Mais sa stratégie de conquête du pouvoir au plan national comme local passe par une volonté de rompre dans les années 90 avec l’antisémitisme et les obsessions raciales du parti. « À l’époque, il est opposé au courant Terre et Peuple, ouvertement racialiste, initié par Pierre Val », détaille Nicolas Lebourg. Les saillies de Jean-Marie Le Pen le « heurtent », car ce qu’il souhaite défendre avant tout est « le populisme national classique de la fin du XIXème siècle ». Lorsque le fameux « point de détail de l’histoire » est évoqué par Jean-Marie Le Pen, Louis Aliot ira jusqu’à rédiger un communiqué de presse indiquant que ces propos n’engagent pas le parti. Il sera convoqué par le président du parti et lui proposera sa démission.

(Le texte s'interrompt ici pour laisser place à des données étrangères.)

/// Numbers of workers and of threads that aren't taken.
const NUMBERS: [Answered; 8] = [
    (
        &["run", "day.toml", "day.csv", "--threads", "0"],
        Printed::Text(
            "error: invalid value '0' for '--threads <N>': 0 is not in 1..=64\n\nFor more information, try '--help'.\n",
        ),
    ),
    (
        &["run", "day.toml", "day.csv", "--threads=65"],
        Printed::Text(
            "error: invalid value '65' for '--threads <N>': 65 is not in 1..=64\n\nFor more information, try '--help'.\n",
        ),
    ),
    (
        &["run", "day.toml", "day.csv", "--workers", "0"],
        Printed::Text(
            "error: invalid value '0' for '--workers <N>': 0 is not in 1..=64\n\nFor more information, try '--help'.\n",
        ),
    ),
    (
        &["run", "day.toml", "day.csv", "--workers", "65"],
        Printed::Text(
            "error: invalid value '65' for '--workers <N>': 65 is not in 1..=64\n\nFor more information, try '--help'.\n",
        ),
    ),
    (
        &["run", "day.toml", "day.csv", "--workers=-1"],
        Printed::Text(
            "error: invalid value '-1' for '--workers <N>': -1 is not in 1..=64\n\nFor more information, try '--help'.\n",
        ),
    ),
    (
        &["run", "day.toml", "day.csv", "--workers", "abc"],
        Printed::Text(
            "error: invalid value 'abc' for '--workers <N>': invalid digit found in string\n\nFor more information, try '--help'.\n",
        ),
    ),
    (
        &["run", "day.toml", "day.csv", "--workers"],
        Printed::Text(
            "error: a value is required for '--workers <N>' but none was supplied\n\nFor more information, try '--help'.\n",
        ),
    ),
    (
        &[
            "run",
            "day.toml",
            "day.csv",
            "--workers",
            "2",
            "--workers",
            "2",
        ],
        mistakes_run!("the argument '--workers <N>' cannot be used multiple times"),
    ),
];

const MISTAKES: [Answered; 6] = [
    (
        &["check"],
        Printed::Text(
            "error: the following required arguments were not provided:\n  <SEGMENT>\n\nUsage: xetra-day check <SEGMENT>\n\nFor more information, try '--help'.\n",
        ),
    ),
    (
        &["check", "day.toml", "--workers", "1"],
        Printed::Text(
            "error: unexpected argument '--workers' found\n\n  tip: to pass '--workers' as a value, use '-- --workers'\n\nUsage: xetra-day check <SEGMENT>\n\nFor more information, try '--help'.\n",
        ),
    ),
    (
        &["run"],
        Printed::Text(
            "error: the following required arguments were not provided:\n  <SEGMENT>\n  <ORDERS>...\n\nUsage: xetra-day run <SEGMENT> <ORDERS>...\n\nFor more information, try '--help'.\n",
        ),
    ),
    (
        &["run", "day.toml"],
        Printed::Text(
            "error: the following required arguments were not provided:\n  <ORDERS>...\n\nUsage: xetra-day run <SEGMENT> <ORDERS>...\n\nFor more information, try '--help'.\n",
        ),
    ),
    (
        &["run", "-s", "day.csv"],
        mistakes_run!(
            "unexpected argument '-s' found\n\n  tip: to pass '-s' as a value, use '-- -s'"
        ),
    ),
    (
        &["walk", "day.toml", "day.csv"],
        Printed::Text(
            "error: unrecognized subcommand 'walk'\n\nUsage: xetra-day <COMMAND>\n\nFor more information, try '--help'.\n",
        ),
    ),
];

/// The words that ask for help, and none, with how the help begins.
const HELP: [Answered; 7] = [
    (
        &["check", "--help"],
        Printed::Between("help Checks a segment file", ""),
    ),
    (&["--help"], WHOLE_HELP),
    (&["-h"], WHOLE_HELP),
    (&["help"], WHOLE_HELP),
    (&["run", "--help"], RUN_HELP),
    (&["help", "run"], RUN_HELP),
    (&[], Printed::Between("Replays a trading day", "")),
];

const WHOLE_HELP: Printed = Printed::Between("help Replays a trading day", "");

const RUN_HELP: Printed = Printed::Between("help Runs the day of its files", "");

/// A command line with many order files: the words before them, how many they are, the words behind them, with what it is answered.
type ManyFiles = (
    &'static [&'static str],
    u32,
    &'static [&'static str],
    Printed,
);
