// Compares the gate solver with a plain look through all settings and with the clause solver on the same function, on pseudo-random and on named networks.
#![tactic(auto)]

mod compared;
mod network;
mod random;

use compared::{is_ask_right, is_least_right};
use network::Network;
use random_numbers::Random;
use tables::table::Table;

const TRIALS: u32 = 1_500;

#[derive(Drop)]
struct Count {
    right: u32,
    wrong: u32,
}

impl Count {
    fn add(&mut self, right: bool) {
        if right {
            self.right = self.right.saturating_add(1);
        } else {
            self.wrong = self.wrong.saturating_add(1);
        }
    }
}

// Questions about one network: with literals held, and with a rule and a bar added.
fn is_right(network: &Network, random: &mut Random) -> bool {
    let inputs = network.inputs.clamp(1, 32);
    let held: Table<i8, 3> = random.literals(inputs);
    let added: Table<i8, 3> = random.literals(inputs);
    let bar: Table<i8, 3> = random.literals(inputs);
    is_least_right(network, held.as_slice())
        && is_ask_right(
            network,
            added.as_slice(),
            &bar.as_slice()[0..2],
            &held.as_slice()[0..1],
        )
}

fn run_random(random: &mut Random) -> Count {
    let mut count = Count { right: 0, wrong: 0 };
    for trial in 0..TRIALS {
        let network = if trial % 4 == 0 {
            random::unordered_network(random)
        } else {
            random::network(random)
        };
        count.add(is_right(&network, random));
    }
    count
}

// Each question with other literals, sixteen times.
fn run_named(network: &Network, random: &mut Random) -> Count {
    let mut count = Count { right: 0, wrong: 0 };
    for _ in 0..16 {
        count.add(is_right(network, random));
    }
    count
}

fn print_count(rt: &impl Print, name: &str, count: Count) -> std::io::Result<()> {
    let right = count.right;
    let wrong = count.wrong;
    println!(rt; "{name}: right {right} wrong {wrong}")
}

fn main(rt: HostRuntime) -> anyhow::Result<()> {
    let mut random = Random::seeded();
    print_count(&rt, "random networks", run_random(&mut random))?;
    print_count(
        &rt,
        "parity of 6",
        run_named(&Network::parity(), &mut random),
    )?;
    print_count(
        &rt,
        "majority of 5",
        run_named(&Network::majority(), &mut random),
    )?;
    print_count(
        &rt,
        "comparator 3 by 3",
        run_named(&Network::comparator(), &mut random),
    )?;
    print_count(
        &rt,
        "sum of 2 and 2 bits is 3",
        run_named(&Network::adder(), &mut random),
    )?;
    Ok(())
}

S’il est le conjoint de Marine Le Pen, aujourd’hui présidente du parti, qu’en est-il de sa liberté d’expression ? « Il s’offre une certaine liberté sur les sujets qui lui importent », affirme Nicolas Lebourg.
Louis Aliot était d’ailleurs contre l’exclusion de Jean-Marie Le Pen en août 2015, en signe de respect pour ses cinquante ans de carrière politique. « Aliot ne l’aurait pas exclu et surtout pas de cette façon », indique Valérie Igounet. « Même s’il vit avec la présidente du parti, qui occupe une place politico-médiatique plus importante, il s’est fait une véritable place au sein du Front National », argue l’auteure.